⟨
//! A join under way, as a type by the number of sides that are to answer yet.
ghost use Rattle.std.specs.Prelude.{◌≡◌, [], ◌∷◌, IfOk, IfErr};

use crate::joined::Joined;
use crate::leg_reply::LegReply;
use mr_phases::Side;
use std::alloc::AllocError;
use std::marker::Model;

/// Both sides are to answer yet.
#[derive(Clone, Copy, Debug)]
pub struct Two;

/// One side is to answer yet. The other one did, or isn't awaited.
#[derive(Debug, Drop)]
pub struct One {
    awaited: Side,
    other: Option<LegReply>,
}

impl Model for Two {
    ghost use Rattle.std.specs.Prelude.{[], ◌∷◌};
    ghost use Rattle.mr_phases.specs.declared.side.Side.TheVariants.{Old, New};
    ghost use Rattle.mr_join.specs.Sides.{JoiningView, no_replies};

    ghost Value = { JoiningView };

    ghost view = { λ _. record { awaits = Old ∷ New ∷ []; came = no_replies } };

    ghost inverse = { λ _. record {} };
}

impl Model for One {
    ghost use Rattle.std.specs.Prelude.{[], ◌∷◌};
    ghost use Rattle.mr_join.specs.Sides.{JoiningView, came_from, other_side};

    ghost Value = { JoiningView };

    ghost view = { λ o. record { awaits = o.awaited ∷ []; came = came_from (other_side o.awaited) o.other } };
}

/// A join of the replies of a request's legs. `Joining<Two>` becomes `Joining<One>` by a first reply, and that becomes
/// `Joined` by the reply of the side that is left: one reply alone can't finish what awaits two.
///
/// It is for whoever holds the two legs of one delete by their sides. A proxy doesn't: an answer lends its legs with their
/// replies as one list, which a session compares with where its legs went, and a join has no such list. So a delete under
/// way keeps its replies beside its legs, and no code of the program makes a `Joining`.
#[derive(Debug, Drop)]
pub struct Joining<S> {
    state: S,
}

impl<S> Model for Joining<S> {
    ghost Value = { S };

    ghost view = { λ j. j.state };
}

impl Joining<Two> {
    ghost use Rattle.mr_phases.specs.declared.side.Side.TheVariants.{Old, New};
    ghost use Rattle.mr_join.specs.Sides.{no_replies, with_side_reply, other_side};

    /// Awaits both sides.
    pub fn two() -> Joining<Two>
        ensures awaits { result.awaits ≡ Old ∷ New ∷ [] }
        ensures came { result.came ≡ no_replies }
    {
        Joining { state: Two }
    }

    /// Takes the first reply, of either side; the other side is awaited from then on.
    pub fn take(self, side: Side, reply: LegReply) -> Joining<One>
        ensures awaits { result.awaits ≡ other_side side ∷ [] }
        ensures came { result.came ≡ with_side_reply no_replies side reply }
    {
        let awaited = match side {
            Side::Old => Side::New,
            Side::New => Side::Old,
        };
        Joining {
            state: One {
                awaited,
                other: Some(reply),
            },
        }
    }

    /// An equal join. It takes no memory.
    pub fn copy(&self) -> Result<Joining<Two>, AllocError>
        ensures { IfOk result (λ joining. joining ≡ self.now) }
    {
        Ok(Joining { state: self.state })
    }
}

impl Joining<One> {
    ghost use Rattle.mr_join.specs.Sides.{no_replies, with_side_reply};

    /// Awaits that side alone.
    pub fn one(side: Side) -> Joining<One>
        ensures awaits { result.awaits ≡ side ∷ [] }
        ensures came { result.came ≡ no_replies }
    {
        Joining {
            state: One {
                awaited: side,
                other: None,
            },
        }
    }

    /// Takes the last reply. Where its side isn't the one awaited, both are handed back as they were.
    pub fn take(self, side: Side, reply: LegReply) -> Result<Joined, (Joining<One>, LegReply)>
        ensures joined { IfOk result
            (λ joined. (self.awaits ≡ side ∷ []) × (joined ≡ with_side_reply self.came side reply)) }
        ensures refused { IfErr result (λ back. (¬ (self.awaits ≡ side ∷ [])) × (back.0 ≡ self) × (back.1 ≡ reply)) }
    {
        if side != self.state.awaited {
            return Err((self, reply));
        }
        let One { awaited, other } = self.state;
        let Some(other) = other else {
            return Ok(Joined::of_one(awaited, reply));
        };
        Ok(match awaited {
            Side::Old => Joined::of_both(reply, other),
            Side::New => Joined::of_both(other, reply),
        })
    }

    /// An equal join.
    pub fn copy(&self) -> Result<Joining<One>, AllocError>
        ensures { IfOk result (λ joining. joining ≡ self.now) }
    {
        let other = match &self.state.other {
            Some(reply) => Some(reply.copy()?),
            None => None,
        };
        Ok(Joining {
            state: One {
                awaited: self.state.awaited,
                other,
            },
        })
    }
}
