//! What clients are told while the clock gives no reading.
use super::playing::Step::{self, *};
use super::playing::play;
use super::{WIDE, is};
use mr_loop::{Limits, LinkEnd, Pause};

/// Requests of all kinds come behind one that is under way: no node is asked, and each client is told so in its turn, unless it wants
/// no answer. What isn't whole is begun once the clock reads again.
static ALL_KINDS: [Step; 14] = [
    Sends(0, b"get k\r\n", Pause::NeedsBytes),
    Asked(1, b"get k\r\n"),
    SendsUnread(
        0,
        b"get k b\r\nset k 0 0 1\r\nx\r\nset k 0 0 1 noreply\r\nx\r\nnonsense\r\ndelete k\r\nget",
        Pause::NeedsBytes,
    ),
    Asked(0, b""),
    Asked(1, b""),
    Told(0, b""),
    Says(1, b"END\r\n", LinkEnd::Whole),
    Told(
        0,
        b"END\r\nSERVER_ERROR clock fault\r\nSERVER_ERROR clock fault\r\nERROR\r\nSERVER_ERROR clock fault\r\n",
    ),
    Sends(0, b" k\r\n", Pause::NeedsBytes),
    Asked(1, b"get k\r\n"),
    Says(1, b"END\r\n", LinkEnd::Whole),
    EndsUnread(0, Pause::IsDone),
    Told(0, b"END\r\n"),
    IsFinished(0, true),
];

#[test]
fn without_a_reading_each_request_is_told_so(rt: HostRuntime) {
    let run = play(&rt, rt.alloc(), 8, WIDE, &ALL_KINDS);
    let counts = run.proxy.counts();
    let answers = counts.answers;
    is(&rt, 20, (answers.clock_fault, answers.misses), (4, 2));
    is(
        &rt,
        21,
        (counts.under_way, counts.last_issue),
        (0, Some(999)),
    );
}

/// What was held back for want of room comes to that too, once it is tried again; so does what is whole when its client ends.
static HELD_BACK: [Step; 9] = [
    Sends(0, b"get k\r\n", Pause::NeedsBytes),
    Sends(1, b"get a\r\nget b\r\n", Pause::NeedsRoom),
    HeldBack(1),
    SendsUnread(1, b"", Pause::NeedsBytes),
    EndsUnread(1, Pause::IsDone),
    Told(
        1,
        b"SERVER_ERROR clock fault\r\nSERVER_ERROR clock fault\r\n",
    ),
    IsFinished(1, true),
    HeldBack(1),
    IsFinished(0, false),
];

#[test]
fn what_was_held_back_is_told_of_the_clock(rt: HostRuntime) {
    let _ = play(&rt, rt.alloc(), 1, WIDE, &HELD_BACK);
}

/// Of two requests that a client isn't told of yet, and no more.
const FEW: Limits = Limits {
    most_begun: 2,
    ..WIDE
};

/// Who isn't told yet of as many requests as may be is told of no further one.
static BEHIND: [Step; 4] = [
    SendsUnread(0, b"get k\r\nget k\r\nget k\r\n", Pause::NeedsReader),
    Told(
        0,
        b"SERVER_ERROR clock fault\r\nSERVER_ERROR clock fault\r\n",
    ),
    SendsUnread(0, b"", Pause::NeedsBytes),
    Told(0, b"SERVER_ERROR clock fault\r\n"),
];

#[test]
fn who_is_behind_is_told_later_of_the_clock(rt: HostRuntime) {
    let _ = play(&rt, rt.alloc(), 8, FEW, &BEHIND);
}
⟩
* TASK DIRECTIONS *
Each entry above is to be set down again in exactly the same words.

* OUTPUT OF THE TASK *
//! A join under way, as a type by the number of sides that are to answer yet.
ghost use Rattle.std.specs.Prelude.{◌≡◌, [], ◌∷◌, IfOk, IfErr};

use crate::joined::Joined;
use crate::leg_reply::LegReply;
use mr_phases::Side;
use std::alloc::AllocError;
use std::marker::Model;

/// Both sides are to answer yet.
#[derive(Clone, Copy, Debug)]
pub struct Two;

/// One side is to answer yet. The other one did, or isn't awaited.
#[derive(Debug, Drop)]
pub struct One {
    awaited: Side,
    other: Option<LegReply>,
}

impl Model for Two {
    ghost use Rattle.std.specs.Prelude.{[], ◌∷◌};
    ghost use Rattle.mr_phases.specs.declared.side.Side.TheVariants.{Old, New};
    ghost use Rattle.mr_join.specs.Sides.{JoiningView, no_replies};

    ghost Value = { JoiningView };

    ghost view = { λ _. record { awaits = Old ∷ New ∷ []; came = no_replies } };

    ghost inverse = { λ _. record {} };
}

impl Model for One {
    ghost use Rattle.std.specs.Prelude.{[], ◌∷◌};
    ghost use Rattle.mr_join.specs.Sides.{JoiningView, came_from, other_side};

    ghost Value = { JoiningView };

    ghost view = { λ o. record { awaits = o.awaited ∷ []; came = came_from (other_side o.awaited) o.other } };
}

/// A join of the replies of a request's legs. `Joining<Two>` becomes `Joining<One>` by a first reply, and that becomes
/// `Joined` by the reply of the side that is left: one reply alone can't finish what awaits two.
///
/// It is for whoever holds the two legs of one delete by their sides. A proxy doesn't: an answer lends its legs with their
/// replies as one list, which a session compares with where its legs went, and a join has no such list. So a delete under
/// way keeps its replies beside its legs, and no code of the program makes a `Joining`.
#[derive(Debug, Drop)]
pub struct Joining<S> {
    state: S,
}

impl<S> Model for Joining<S> {
    ghost Value = { S };

    ghost view = { λ j. j.state };
}

impl Joining<Two> {
    ghost use Rattle.mr_phases.specs.declared.side.Side.TheVariants.{Old, New};
    ghost use Rattle.mr_join.specs.Sides.{no_replies, with_side_reply, other_side};

    /// Awaits both sides.
    pub fn two() -> Joining<Two>
        ensures awaits { result.awaits ≡ Old ∷ New ∷ [] }
        ensures came { result.came ≡ no_replies }
    {
        Joining { state: Two }
    }

    /// Takes the first reply, of either side; the other side is awaited from then on.
    pub fn take(self, side: Side, reply: LegReply) -> Joining<One>
        ensures awaits { result.awaits ≡ other_side side ∷ [] }
        ensures came { result.came ≡ with_side_reply no_replies side reply }
    {
        let awaited = match side {
            Side::Old => Side::New,
            Side::New => Side::Old,
        };
        Joining {
            state: One {
                awaited,
                other: Some(reply),
            },
        }
    }

    /// An equal join. It takes no memory.
    pub fn copy(&self) -> Result<Joining<Two>, AllocError>
        ensures { IfOk result (λ joining. joining ≡ self.now) }
    {
        Ok(Joining { state: self.state })
    }
}

impl Joining<One> {
    ghost use Rattle.mr_join.specs.Sides.{no_replies, with_side_reply};

    /// Awaits that side alone.
    pub fn one(side: Side) -> Joining<One>
        ensures awaits { result.awaits ≡ side ∷ [] }
        ensures came { result.came ≡ no_replies }
    {
        Joining {
            state: One {
                awaited: side,
                other: None,
            },
        }
    }

    /// Takes the last reply. Where its side isn't the one awaited, both are handed back as they were.
    pub fn take(self, side: Side, reply: LegReply) -> Result<Joined, (Joining<One>, LegReply)>
        ensures joined { IfOk result
            (λ joined. (self.awaits ≡ side ∷ []) × (joined ≡ with_side_reply self.came side reply)) }
        ensures refused { IfErr result (λ back. (¬ (self.awaits ≡ side ∷ [])) × (back.0 ≡ self) × (back.1 ≡ reply)) }
    {
        if side != self.state.awaited {
            return Err((self, reply));
        }
        let One { awaited, other } = self.state;
        let Some(other) = other else {
            return Ok(Joined::of_one(awaited, reply));
        };
        Ok(match awaited {
            Side::Old => Joined::of_both(reply, other),
            Side::New => Joined::of_both(other, reply),
        })
    }

    /// An equal join.
    pub fn copy(&self) -> Result<Joining<One>, AllocError>
        ensures { IfOk result (λ joining. joining ≡ self.now) }
    {
        let other = match &self.state.other {
            Some(reply) => Some(reply.copy()?),
            None => None,
        };
        Ok(Joining {
            state: One {
                awaited: self.state.awaited,
                other,
            },
        })
    }
}
//! What clients are told while the clock gives no reading.
use super::playing::Step::{self, *};
use super::playing::play;
use super::{WIDE, is};
use mr_loop::{Limits, LinkEnd, Pause};

/// Requests of all kinds come behind one that is under way: no node is asked, and each client is told so in its turn, unless it wants
/// no answer. What isn't whole is begun once the clock reads again.
static ALL_KINDS: [Step; 14] = [
    Sends(0, b"get k\r\n", Pause::NeedsBytes),
    Asked(1, b"get k\r\n"),
    SendsUnread(
        0,
        b"get k b\r\nset k 0 0 1\r\nx\r\nset k 0 0 1 noreply\r\nx\r\nnonsense\r\ndelete k\r\nget",
        Pause::NeedsBytes,
    ),
    Asked(0, b""),
    Asked(1, b""),
    Told(0, b""),
    Says(1, b"END\r\n", LinkEnd::Whole),
    Told(
        0,
        b"END\r\nSERVER_ERROR clock fault\r\nSERVER_ERROR clock fault\r\nERROR\r\nSERVER_ERROR clock fault\r\n",
    ),
    Sends(0, b" k\r\n", Pause::NeedsBytes),
    Asked(1, b"get k\r\n"),
    Says(1, b"END\r\n", LinkEnd::Whole),
    EndsUnread(0, Pause::IsDone),
    Told(0, b"END\r\n"),
    IsFinished(0, true),
];

#[test]
fn without_a_reading_each_request_is_told_so(rt: HostRuntime) {
    let run = play(&rt, rt.alloc(), 8, WIDE, &ALL_KINDS);
    let counts = run.proxy.counts();
    let answers = counts.answers;
    is(&rt, 20, (answers.clock_fault, answers.misses), (4, 2));
    is(
        &rt,
        21,
        (counts.under_way, counts.last_issue),
        (0, Some(999)),
    );
}

/// What was held back for want of room comes to that too, once it is tried again; so does what is whole when its client ends.
static HELD_BACK: [Step; 9] = [
    Sends(0, b"get k\r\n", Pause::NeedsBytes),
    Sends(1, b"get a\r\nget b\r\n", Pause::NeedsRoom),
    HeldBack(1),
    SendsUnread(1, b"", Pause::NeedsBytes),
    EndsUnread(1, Pause::IsDone),
    Told(
        1,
        b"SERVER_ERROR clock fault\r\nSERVER_ERROR clock fault\r\n",
    ),
    IsFinished(1, true),
    HeldBack(1),
    IsFinished(0, false),
];

#[test]
fn what_was_held_back_is_told_of_the_clock(rt: HostRuntime) {
    let _ = play(&rt, rt.alloc(), 1, WIDE, &HELD_BACK);
}

/// Of two requests that a client isn't told of yet, and no more.
const FEW: Limits = Limits {
    most_begun: 2,
    ..WIDE
};

/// Who isn't told yet of as many requests as may be is told of no further one.
static BEHIND: [Step; 4] = [
    SendsUnread(0, b"get k\r\nget k\r\nget k\r\n", Pause::NeedsReader),
    Told(
        0,
        b"SERVER_ERROR clock fault\r\nSERVER_ERROR clock fault\r\n",
    ),
    SendsUnread(0, b"", Pause::NeedsBytes),
    Told(0, b"SERVER_ERROR clock fault\r\n"),
];

#[test]
fn who_is_behind_is_told_later_of_the_clock(rt: HostRuntime) {
    let _ = play(&rt, rt.alloc(), 8, FEW, &BEHIND);
}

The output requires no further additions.